Koko looked up briefly from his empty plate and said, “Yow!”

“Why is he staring at me?” Simmons asked.

“Look at your watch.”

“It’s eleven o’clock.”

“He wants his bedtime snack. Would you like to feed him?”

“Me? How do I do it?”

“See that glass jar on the kitchen counter? It’s full of homemade crunchies. Just put half a cupful on one plate and a little less on the other. Then put them on the floor under the kitchen table. Koko’s goes on the right.”

Simmons followed instructions, at the same time saying, “Look, Ma!

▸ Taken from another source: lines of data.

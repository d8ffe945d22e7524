//! The queries that read a store's tables.
ghost use Rattle.std.specs.Prelude.{◌≡◌, ◌≤◌, IfOk};
ghost use Rattle.std.specs.List.Sorted.{IsPermutation};
ghost use Rattle.sqlite.specs.Held.{state};
ghost use Rattle.sqlite.specs.State.{HasCleanDisk};
ghost use Rattle.register_sql.specs.Failing.{IsReading};
ghost use Rattle.register_sql.specs.Queries.{text_of, least_of, shown_in, IsInOrder, IsPart};

use sqlite::{Alter, Connection, Error, Row};

/// A query: all rows of a table, or their rowids alone (`..Ids`), ordered by rowid.
#[derive(Clone, Copy)]
pub(crate) enum Query {
    Metas,
    Setups,
    Postings,
    Spots,
    Lines,
    Terms,
    MetaIds,
    SetupIds,
    PostingIds,
    LineIds,
    TermIds,
}

/// The SQL of the query.
fn text_of(query: Query) -> &'static str
    ensures { result.now ≡ text_of query }
{
    match query {
        Query::Metas => "SELECT name, val FROM meta ORDER BY rowid",
        Query::Setups => "SELECT id, txt FROM setup ORDER BY id",
        Query::Postings => "SELECT id, station, n, body, verdict FROM posting ORDER BY id",
        Query::Spots => "SELECT thing, k, entry, place, day FROM spot ORDER BY rowid",
        Query::Lines => "SELECT loan, object, stage FROM line ORDER BY rowid",
        Query::Terms => "SELECT loan, day FROM term ORDER BY rowid",
        Query::MetaIds => "SELECT rowid FROM meta ORDER BY rowid",
        Query::SetupIds => "SELECT id FROM setup ORDER BY id",
        Query::PostingIds => "SELECT id FROM posting ORDER BY id",
        Query::LineIds => "SELECT rowid FROM line ORDER BY rowid",
        Query::TermIds => "SELECT rowid FROM term ORDER BY rowid",
    }
}

/// How many of its tables, in the order of creation, a store must have for this query.
pub(crate) fn least_of(query: Query) -> usize
    ensures { result ≡ least_of query }
{
    match query {
        Query::Metas | Query::MetaIds => 1,
        Query::Setups | Query::SetupIds => 2,
        Query::PostingIds => 3,
        Query::Postings | Query::LineIds => 5,
        _ => 6,
    }
}

/// Runs the query on a store of the first `made` tables, and returns all rows. The store stays as
/// it was.
pub(crate) fn read<S: Alter>(
    conn: &mut Connection<S>,
    query: Query,
    made: usize,
) -> Result<Vec<Row>, Error>
    requires some { least_of query ≤ made }
    requires few { made ≤ 6 }
    requires part { HasCleanDisk (state S.Store conn.old) → IsPart made (state S.Store conn.old) }
    ensures rows { HasCleanDisk (state S.Store conn.new) → IfOk result (λ rows.
        IsPermutation (shown_in query (state S.Store conn.old).now.trees) rows.items) }
    ensures order { HasCleanDisk (state S.Store conn.new)
        → IfOk result (λ rows. IsInOrder query rows.items) }
    ensures reading { IsReading (state S.Store conn.old) (state S.Store conn.new) result }
{
    let text = text_of(query);
    conn.query_all(text, &[])
}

I’m feeding a cat.”

For the Sunday matinee there was another full house at the Hotel Booze, and a greater air of excitement prevailed; show-goers had heard from friends and relatives how the imaginary broadcast was a retelling of family history. During the performance an occasional whimpering in the audience came, perhaps from the granddaughter of the farmer who had been buried under an avalanche of snow in his own barn, or a descendant of a lifesaving crewman who had participated in a heroic rescue. When it was over, the listeners swarmed to the platform with compliments and handshakes.